Records excerpted from a collection =
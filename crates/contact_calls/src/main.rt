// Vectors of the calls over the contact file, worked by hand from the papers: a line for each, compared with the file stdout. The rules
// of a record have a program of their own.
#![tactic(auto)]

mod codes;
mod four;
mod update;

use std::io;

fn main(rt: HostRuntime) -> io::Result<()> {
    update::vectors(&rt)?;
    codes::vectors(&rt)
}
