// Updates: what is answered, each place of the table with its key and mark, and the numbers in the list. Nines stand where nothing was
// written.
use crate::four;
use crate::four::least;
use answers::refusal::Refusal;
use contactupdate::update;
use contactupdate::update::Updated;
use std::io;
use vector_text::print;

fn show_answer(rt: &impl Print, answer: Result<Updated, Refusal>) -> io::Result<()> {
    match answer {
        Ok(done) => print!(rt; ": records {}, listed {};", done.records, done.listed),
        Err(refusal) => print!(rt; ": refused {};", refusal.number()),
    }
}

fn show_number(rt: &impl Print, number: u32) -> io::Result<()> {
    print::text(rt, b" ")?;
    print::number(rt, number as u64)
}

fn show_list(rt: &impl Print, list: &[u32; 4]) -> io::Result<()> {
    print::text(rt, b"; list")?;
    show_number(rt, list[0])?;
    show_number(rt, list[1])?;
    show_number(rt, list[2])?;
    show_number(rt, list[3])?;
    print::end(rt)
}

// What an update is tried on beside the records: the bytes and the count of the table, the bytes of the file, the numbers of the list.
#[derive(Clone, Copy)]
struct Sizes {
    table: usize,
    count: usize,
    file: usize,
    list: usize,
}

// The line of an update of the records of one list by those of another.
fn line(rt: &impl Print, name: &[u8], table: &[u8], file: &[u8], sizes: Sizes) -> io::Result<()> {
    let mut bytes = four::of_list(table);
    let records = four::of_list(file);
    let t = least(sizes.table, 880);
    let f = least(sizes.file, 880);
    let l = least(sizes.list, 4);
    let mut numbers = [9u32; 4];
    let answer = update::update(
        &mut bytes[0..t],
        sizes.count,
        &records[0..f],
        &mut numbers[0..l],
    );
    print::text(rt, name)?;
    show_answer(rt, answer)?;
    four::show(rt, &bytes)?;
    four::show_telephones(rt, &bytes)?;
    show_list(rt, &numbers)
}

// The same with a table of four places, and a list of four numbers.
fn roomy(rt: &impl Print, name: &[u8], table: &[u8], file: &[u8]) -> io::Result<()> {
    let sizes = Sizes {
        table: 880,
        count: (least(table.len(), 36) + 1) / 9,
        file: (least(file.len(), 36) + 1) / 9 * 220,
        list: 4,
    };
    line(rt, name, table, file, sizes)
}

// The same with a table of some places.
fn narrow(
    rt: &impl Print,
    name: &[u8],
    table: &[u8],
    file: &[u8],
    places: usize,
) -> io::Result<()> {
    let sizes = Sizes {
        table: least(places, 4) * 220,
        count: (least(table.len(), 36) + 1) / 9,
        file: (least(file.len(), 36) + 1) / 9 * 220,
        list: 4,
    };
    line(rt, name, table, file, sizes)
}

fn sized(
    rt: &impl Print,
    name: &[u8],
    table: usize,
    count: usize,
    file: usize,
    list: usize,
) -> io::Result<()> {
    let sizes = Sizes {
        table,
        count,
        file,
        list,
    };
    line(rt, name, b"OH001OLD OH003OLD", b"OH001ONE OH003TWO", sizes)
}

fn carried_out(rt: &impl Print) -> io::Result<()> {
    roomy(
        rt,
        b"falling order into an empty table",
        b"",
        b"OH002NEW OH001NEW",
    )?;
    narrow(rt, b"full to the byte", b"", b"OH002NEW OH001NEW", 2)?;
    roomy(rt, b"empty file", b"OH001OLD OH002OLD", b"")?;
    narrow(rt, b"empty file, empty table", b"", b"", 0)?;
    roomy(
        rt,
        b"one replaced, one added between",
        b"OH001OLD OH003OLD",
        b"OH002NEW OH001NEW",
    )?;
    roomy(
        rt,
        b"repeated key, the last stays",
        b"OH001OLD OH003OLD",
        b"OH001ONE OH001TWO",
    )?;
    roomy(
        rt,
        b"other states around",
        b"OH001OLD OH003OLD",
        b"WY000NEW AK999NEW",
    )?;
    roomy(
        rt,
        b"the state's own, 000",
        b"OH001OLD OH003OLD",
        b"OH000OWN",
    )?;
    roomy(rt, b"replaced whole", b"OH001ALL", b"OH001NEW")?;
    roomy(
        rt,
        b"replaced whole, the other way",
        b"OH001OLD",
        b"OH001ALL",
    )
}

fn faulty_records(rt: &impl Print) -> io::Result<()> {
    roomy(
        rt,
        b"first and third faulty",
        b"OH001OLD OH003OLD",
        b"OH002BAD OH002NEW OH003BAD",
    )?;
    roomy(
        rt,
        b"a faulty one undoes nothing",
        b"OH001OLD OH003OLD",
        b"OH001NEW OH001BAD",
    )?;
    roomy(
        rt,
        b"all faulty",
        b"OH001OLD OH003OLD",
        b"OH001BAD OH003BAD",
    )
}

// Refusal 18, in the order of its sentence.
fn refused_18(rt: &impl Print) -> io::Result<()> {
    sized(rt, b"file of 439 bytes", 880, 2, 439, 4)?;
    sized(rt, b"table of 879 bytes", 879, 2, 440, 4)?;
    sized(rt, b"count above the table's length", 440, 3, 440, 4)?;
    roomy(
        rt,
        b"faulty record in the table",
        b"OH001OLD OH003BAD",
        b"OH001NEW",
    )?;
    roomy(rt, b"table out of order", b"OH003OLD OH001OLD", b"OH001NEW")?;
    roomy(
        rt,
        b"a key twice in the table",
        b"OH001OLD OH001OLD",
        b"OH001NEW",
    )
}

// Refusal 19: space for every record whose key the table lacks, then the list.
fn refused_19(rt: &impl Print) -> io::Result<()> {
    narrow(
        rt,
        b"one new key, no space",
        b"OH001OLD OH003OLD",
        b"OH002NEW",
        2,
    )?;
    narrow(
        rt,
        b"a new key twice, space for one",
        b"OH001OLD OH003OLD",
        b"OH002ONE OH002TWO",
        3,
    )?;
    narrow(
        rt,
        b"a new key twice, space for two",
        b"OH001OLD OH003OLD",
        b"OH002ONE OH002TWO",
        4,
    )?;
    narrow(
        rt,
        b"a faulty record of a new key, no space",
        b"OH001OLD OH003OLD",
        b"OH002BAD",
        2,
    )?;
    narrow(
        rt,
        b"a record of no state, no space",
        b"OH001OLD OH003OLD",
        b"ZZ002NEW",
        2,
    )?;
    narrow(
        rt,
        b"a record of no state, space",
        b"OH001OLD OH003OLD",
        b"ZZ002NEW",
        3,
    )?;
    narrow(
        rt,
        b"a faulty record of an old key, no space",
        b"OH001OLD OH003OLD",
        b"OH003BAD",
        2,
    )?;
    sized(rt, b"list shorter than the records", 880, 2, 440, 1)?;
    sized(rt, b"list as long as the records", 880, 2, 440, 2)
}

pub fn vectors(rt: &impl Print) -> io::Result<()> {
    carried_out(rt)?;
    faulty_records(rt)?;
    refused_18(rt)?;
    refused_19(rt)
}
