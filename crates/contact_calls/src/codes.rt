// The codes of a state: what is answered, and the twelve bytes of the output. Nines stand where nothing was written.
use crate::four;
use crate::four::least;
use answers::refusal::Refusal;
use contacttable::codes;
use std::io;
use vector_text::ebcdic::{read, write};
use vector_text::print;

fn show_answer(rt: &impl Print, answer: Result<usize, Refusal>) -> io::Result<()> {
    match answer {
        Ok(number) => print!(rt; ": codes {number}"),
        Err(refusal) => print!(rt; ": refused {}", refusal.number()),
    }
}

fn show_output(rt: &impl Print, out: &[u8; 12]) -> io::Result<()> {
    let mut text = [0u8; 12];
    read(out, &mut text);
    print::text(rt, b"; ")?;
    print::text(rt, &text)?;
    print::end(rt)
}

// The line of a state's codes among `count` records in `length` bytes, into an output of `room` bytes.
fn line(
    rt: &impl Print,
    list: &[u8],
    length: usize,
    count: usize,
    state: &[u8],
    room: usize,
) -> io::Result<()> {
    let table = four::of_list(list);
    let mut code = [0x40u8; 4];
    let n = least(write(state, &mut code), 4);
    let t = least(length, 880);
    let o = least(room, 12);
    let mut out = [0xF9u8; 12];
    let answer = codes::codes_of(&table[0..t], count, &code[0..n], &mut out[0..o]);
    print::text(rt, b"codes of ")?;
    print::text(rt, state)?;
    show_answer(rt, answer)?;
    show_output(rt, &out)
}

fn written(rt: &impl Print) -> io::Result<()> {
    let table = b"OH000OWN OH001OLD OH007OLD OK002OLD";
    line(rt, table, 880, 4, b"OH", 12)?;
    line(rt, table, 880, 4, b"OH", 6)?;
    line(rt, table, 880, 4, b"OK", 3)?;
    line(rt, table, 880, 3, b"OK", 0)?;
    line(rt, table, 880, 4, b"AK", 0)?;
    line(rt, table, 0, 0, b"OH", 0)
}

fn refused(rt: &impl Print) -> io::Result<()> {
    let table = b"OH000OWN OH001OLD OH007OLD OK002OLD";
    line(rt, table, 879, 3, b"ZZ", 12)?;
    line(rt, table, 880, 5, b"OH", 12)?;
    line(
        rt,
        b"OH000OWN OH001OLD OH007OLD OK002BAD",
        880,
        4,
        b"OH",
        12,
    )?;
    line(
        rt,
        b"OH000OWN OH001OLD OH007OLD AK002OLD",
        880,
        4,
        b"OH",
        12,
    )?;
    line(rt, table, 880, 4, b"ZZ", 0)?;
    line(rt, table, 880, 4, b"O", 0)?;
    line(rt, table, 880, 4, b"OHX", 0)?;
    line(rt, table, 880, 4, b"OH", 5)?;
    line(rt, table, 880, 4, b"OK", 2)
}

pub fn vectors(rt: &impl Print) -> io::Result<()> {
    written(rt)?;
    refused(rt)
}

Exercise goal =
From the opening line of the data above, please print each line as written up to and including the line that contains "print::text(rt, name)?;", and nothing more.

Written solution =
filename crates/contact_calls/src/main.rt
// Vectors of the calls over the contact file, worked by hand from the papers: a line for each, compared with the file stdout. The rules
// of a record have a program of their own.
#![tactic(auto)]

mod codes;
mod four;
mod update;

use std::io;

fn main(rt: HostRuntime) -> io::Result<()> {
    update::vectors(&rt)?;
    codes::vectors(&rt)
}
// Updates: what is answered, each place of the table with its key and mark, and the numbers in the list. Nines stand where nothing was
// written.
use crate::four;
use crate::four::least;
use answers::refusal::Refusal;
use contactupdate::update;
use contactupdate::update::Updated;
use std::io;
use vector_text::print;

fn show_answer(rt: &impl Print, answer: Result<Updated, Refusal>) -> io::Result<()> {
    match answer {
        Ok(done) => print!(rt; ": records {}, listed {};", done.records, done.listed),
        Err(refusal) => print!(rt; ": refused {};", refusal.number()),
    }
}

fn show_number(rt: &impl Print, number: u32) -> io::Result<()> {
    print::text(rt, b" ")?;
    print::number(rt, number as u64)
}

fn show_list(rt: &impl Print, list: &[u32; 4]) -> io::Result<()> {
    print::text(rt, b"; list")?;
    show_number(rt, list[0])?;
    show_number(rt, list[1])?;
    show_number(rt, list[2])?;
    show_number(rt, list[3])?;
    print::end(rt)
}

// What an update is tried on beside the records: the bytes and the count of the table, the bytes of the file, the numbers of the list.
#[derive(Clone, Copy)]
struct Sizes {
    table: usize,
    count: usize,
    file: usize,
    list: usize,
}

// The line of an update of the records of one list by those of another.
fn line(rt: &impl Print, name: &[u8], table: &[u8], file: &[u8], sizes: Sizes) -> io::Result<()> {
    let mut bytes = four::of_list(table);
    let records = four::of_list(file);
    let t = least(sizes.table, 880);
    let f = least(sizes.file, 880);
    let l = least(sizes.list, 4);
    let mut numbers = [9u32; 4];
    let answer = update::update(
        &mut bytes[0..t],
        sizes.count,
        &records[0..f],
        &mut numbers[0..l],
    );
    print::text(rt, name)?;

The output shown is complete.